## WORK REQUIRED
Give back all of the records, exactly and completely.

(Records contained in a dataset)

+---+

//! Laws that hold of every run of a queue, whatever its steps are. Each is the contract of a function that does nothing;
//! [`run_queue_steps`](crate::run::run_queue_steps) makes such runs.
//!
//! # Extensions
//!
//! All of this module.
ghost use Rattle.concurrent_queue.specs.Accounts.{NothingIsLost};
ghost use Rattle.concurrent_queue.specs.Lone.{LoneCallsEnd};
ghost use Rattle.concurrent_queue.specs.Bounds.{NeverOverfull, ClosesOnce};
ghost use Rattle.concurrent_queue.specs.Whole.{NeverWholeAtOnce};
ghost use Rattle.concurrent_queue.specs.Bridge.{EventsLeadToOnePlace, MergesAreRuns, WalksAct};
ghost use Rattle.concurrent_queue.specs.BridgeRow.{FourEventsLead, TwoCallsMerge};
ghost use Rattle.concurrent_queue.specs.Tracked.{CallsKeepWhatCellsAsk};
ghost use Rattle.concurrent_queue.specs.Touched.{BlocksAreGivenBackAlone, EachTouchesItsOwn, PartiesAreAmongOthers, SlotsAreAsExpected, SlotsAreTouchedAlone, TouchedBlocksAreInUse};

use crate::cells::Cells;
use crate::seen::Trace;

/// What was removed, followed by what is held at the end, is what was held at the start, followed by what was accepted, in order: for every
/// message type and every list of steps. So no message is lost, doubled or reordered.
pub fn nothing_is_lost<T>()
    ensures in_order { NothingIsLost T }
{}

/// From any point of a run, a call replies within its next 64 steps if these are the next steps of all and no other call under way has done
/// anything yet. An unbounded queue must have had its first removal, or there must be no other call.
pub fn lone_calls_end<T>()
    ensures ends { LoneCallsEnd T }
{}

/// At any point of a run the queue holds no more messages than its capacity, also while a displacing push is under way, since no other push
/// takes the place that was made for it.
pub fn never_overfull<T>()
    ensures within { NeverOverfull T }
{}

/// Of all closes of a run at most one answers true: the one that found the queue open.
pub fn closes_once<T>()
    ensures once { ClosesOnce T }
{}

/// A push whose first step does everything is no run of a ring of two slots: one step changes one cell, a word or a slot, and a message in
/// the list lies in its slot or is with its call.
pub fn never_whole_at_once<T>()
    ensures stepwise { NeverWholeAtOnce T }
{}

/// The operations of any number of parties, merged in any order in which each answer is what the cells then held, are a run as
/// `run_queue_steps` makes it, with each reply that was given. A party only has to make calls that do what their machines do, and go by the
/// answers. So what holds of every run holds of calls on threads, whose operations are atomic and so have one total order.
///
/// At the end of the run each party has that call under way to which its own operations have led its machine, or none, and the cells with
/// these calls mean the run's queue. A party's operations lead to one state only, so a caller that knows the state of its call knows where
/// it is in the run, among the calls of all others.
pub fn merges_are_runs<T>()
    ensures runs { MergesAreRuns T }
    ensures one_place { EventsLeadToOnePlace T }
{}

/// The contract of a whole call, over cells of any kind, is what `merges_are_runs` asks of its party: the call has done the operations of
/// its machine, these and no others, and goes by their answers to its reply.
pub fn walks_act<T, C: Cells<T>>()
    ensures acts { WalksAct C.did }
{}

/// What a public call of a shared queue reports to its trace is its party's next operations. Nothing is known of the trace but the trait.
pub fn seen_walks_act<T, S: Trace<T>>()
    ensures acts { WalksAct S.did }
{}

/// Such merges exist: a push and a pop of one slot whose operations come in turn, as they would between two threads. Its first four
/// operations lead the push to where it is about to fill the slot, and the pop to where it looks again.
pub fn two_calls_merge<T>()
    ensures merge { TwoCallsMerge T }
    ensures lead { FourEventsLead T }
{}

/// Wherever the operations of any number of parties have led, in one order, each unfinished call is among those of all other parties, and
/// the cells with these calls mean a queue, as the laws of touched blocks and slots require. So a caller that knows the state of two calls
/// may use those laws of both.
pub fn parties_are_among_others<T>()
    ensures among { PartiesAreAmongOthers T }
{}

/// A call that is about to touch a block, by a word or slot of it or by retiring it, touches one that was made and is not spare. Where a
/// call is about to retire a block, no other is about to touch it. So a spare block may be blanked by several operations: nobody else is
/// there.
pub fn blocks_are_left_alone<T>()
    ensures in_use { TouchedBlocksAreInUse T }
    ensures given_back { BlocksAreGivenBackAlone T }
{}

/// No other call is about to touch a slot that a call is about to put into or take from, and the slot is as the call has to find it: empty
/// for a put, with a message for a take. This holds in each form of queue. So a slot needs no lock, and no call retries there, as long as
/// all calls have done what their machines do.
pub fn slots_are_touched_alone<T>()
    ensures alone { SlotsAreTouchedAlone T }
    ensures expected { SlotsAreAsExpected T }
{}

/// The same for the parties of a history, wherever their operations have led them: no other party is about to touch the slot that a party's
/// call is about to put into or take from, and the slot is as the call has to find it. A block that it is about to touch is in use, and no
/// other party is about to touch one that it is about to retire.
pub fn each_touches_its_own<T>()
    ensures own { EachTouchesItsOwn T }
{}

/// There are cells that require all that [`Cells`](crate::cells::Cells) lets them require, and every form of queue meets it: a call that
/// may make just the next operation of its machine, whatever it is answered, and makes it, is then where its machine goes by the answer. A
/// call that has made no step is at its first action.
pub fn calls_keep_what_cells_ask<T>()
    ensures asked { CallsKeepWhatCellsAsk T }
{}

+---+

## RESULT FOR THIS EXERCISE
//! Laws that hold of every run of a queue, whatever its steps are. Each is the contract of a function that does nothing;
//! [`run_queue_steps`](crate::run::run_queue_steps) makes such runs.
//!
//! # Extensions
//!
//! All of this module.
ghost use Rattle.concurrent_queue.specs.Accounts.{NothingIsLost};
ghost use Rattle.concurrent_queue.specs.Lone.{LoneCallsEnd};
ghost use Rattle.concurrent_queue.specs.Bounds.{NeverOverfull, ClosesOnce};
ghost use Rattle.concurrent_queue.specs.Whole.{NeverWholeAtOnce};
ghost use Rattle.concurrent_queue.specs.Bridge.{EventsLeadToOnePlace, MergesAreRuns, WalksAct};
ghost use Rattle.concurrent_queue.specs.BridgeRow.{FourEventsLead, TwoCallsMerge};
ghost use Rattle.concurrent_queue.specs.Tracked.{CallsKeepWhatCellsAsk};
ghost use Rattle.concurrent_queue.specs.Touched.{BlocksAreGivenBackAlone, EachTouchesItsOwn, PartiesAreAmongOthers, SlotsAreAsExpected, SlotsAreTouchedAlone, TouchedBlocksAreInUse};

use crate::cells::Cells;
use crate::seen::Trace;

/// What was removed, followed by what is held at the end, is what was held at the start, followed by what was accepted, in order: for every
/// message type and every list of steps. So no message is lost, doubled or reordered.
pub fn nothing_is_lost<T>()
    ensures in_order { NothingIsLost T }
{}

/// From any point of a run, a call replies within its next 64 steps if these are the next steps of all and no other call under way has done
/// anything yet. An unbounded queue must have had its first removal, or there must be no other call.
pub fn lone_calls_end<T>()
    ensures ends { LoneCallsEnd T }
{}

/// At any point of a run the queue holds no more messages than its capacity, also while a displacing push is under way, since no other push
/// takes the place that was made for it.
pub fn never_overfull<T>()
    ensures within { NeverOverfull T }
{}

/// Of all closes of a run at most one answers true: the one that found the queue open.
pub fn closes_once<T>()
    ensures once { ClosesOnce T }
{}

/// A push whose first step does everything is no run of a ring of two slots: one step changes one cell, a word or a slot, and a message in
/// the list lies in its slot or is with its call.
pub fn never_whole_at_once<T>()
    ensures stepwise { NeverWholeAtOnce T }
{}

/// The operations of any number of parties, merged in any order in which each answer is what the cells then held, are a run as
/// `run_queue_steps` makes it, with each reply that was given. A party only has to make calls that do what their machines do, and go by the
/// answers. So what holds of every run holds of calls on threads, whose operations are atomic and so have one total order.
///
/// At the end of the run each party has that call under way to which its own operations have led its machine, or none, and the cells with
/// these calls mean the run's queue. A party's operations lead to one state only, so a caller that knows the state of its call knows where
/// it is in the run, among the calls of all others.
pub fn merges_are_runs<T>()
    ensures runs { MergesAreRuns T }
    ensures one_place { EventsLeadToOnePlace T }
{}

/// The contract of a whole call, over cells of any kind, is what `merges_are_runs` asks of its party: the call has done the operations of
/// its machine, these and no others, and goes by their answers to its reply.
pub fn walks_act<T, C: Cells<T>>()
    ensures acts { WalksAct C.did }
{}

/// What a public call of a shared queue reports to its trace is its party's next operations. Nothing is known of the trace but the trait.
pub fn seen_walks_act<T, S: Trace<T>>()
    ensures acts { WalksAct S.did }
{}

/// Such merges exist: a push and a pop of one slot whose operations come in turn, as they would between two threads. Its first four
/// operations lead the push to where it is about to fill the slot, and the pop to where it looks again.
pub fn two_calls_merge<T>()
    ensures merge { TwoCallsMerge T }
    ensures lead { FourEventsLead T }
{}

/// Wherever the operations of any number of parties have led, in one order, each unfinished call is among those of all other parties, and
/// the cells with these calls mean a queue, as the laws of touched blocks and slots require. So a caller that knows the state of two calls
/// may use those laws of both.
pub fn parties_are_among_others<T>()
    ensures among { PartiesAreAmongOthers T }
{}

/// A call that is about to touch a block, by a word or slot of it or by retiring it, touches one that was made and is not spare. Where a
/// call is about to retire a block, no other is about to touch it. So a spare block may be blanked by several operations: nobody else is
/// there.
pub fn blocks_are_left_alone<T>()
    ensures in_use { TouchedBlocksAreInUse T }
    ensures given_back { BlocksAreGivenBackAlone T }
{}

/// No other call is about to touch a slot that a call is about to put into or take from, and the slot is as the call has to find it: empty
/// for a put, with a message for a take. This holds in each form of queue. So a slot needs no lock, and no call retries there, as long as
/// all calls have done what their machines do.
pub fn slots_are_touched_alone<T>()
    ensures alone { SlotsAreTouchedAlone T }
    ensures expected { SlotsAreAsExpected T }
{}

/// The same for the parties of a history, wherever their operations have led them: no other party is about to touch the slot that a party's
/// call is about to put into or take from, and the slot is as the call has to find it. A block that it is about to touch is in use, and no
/// other party is about to touch one that it is about to retire.
pub fn each_touches_its_own<T>()
    ensures own { EachTouchesItsOwn T }
{}

/// There are cells that require all that [`Cells`](crate::cells::Cells) lets them require, and every form of queue meets it: a call that
/// may make just the next operation of its machine, whatever it is answered, and makes it, is then where its machine goes by the answer. A
/// call that has made no step is at its first action.
pub fn calls_keep_what_cells_ask<T>()
    ensures asked { CallsKeepWhatCellsAsk T }
{}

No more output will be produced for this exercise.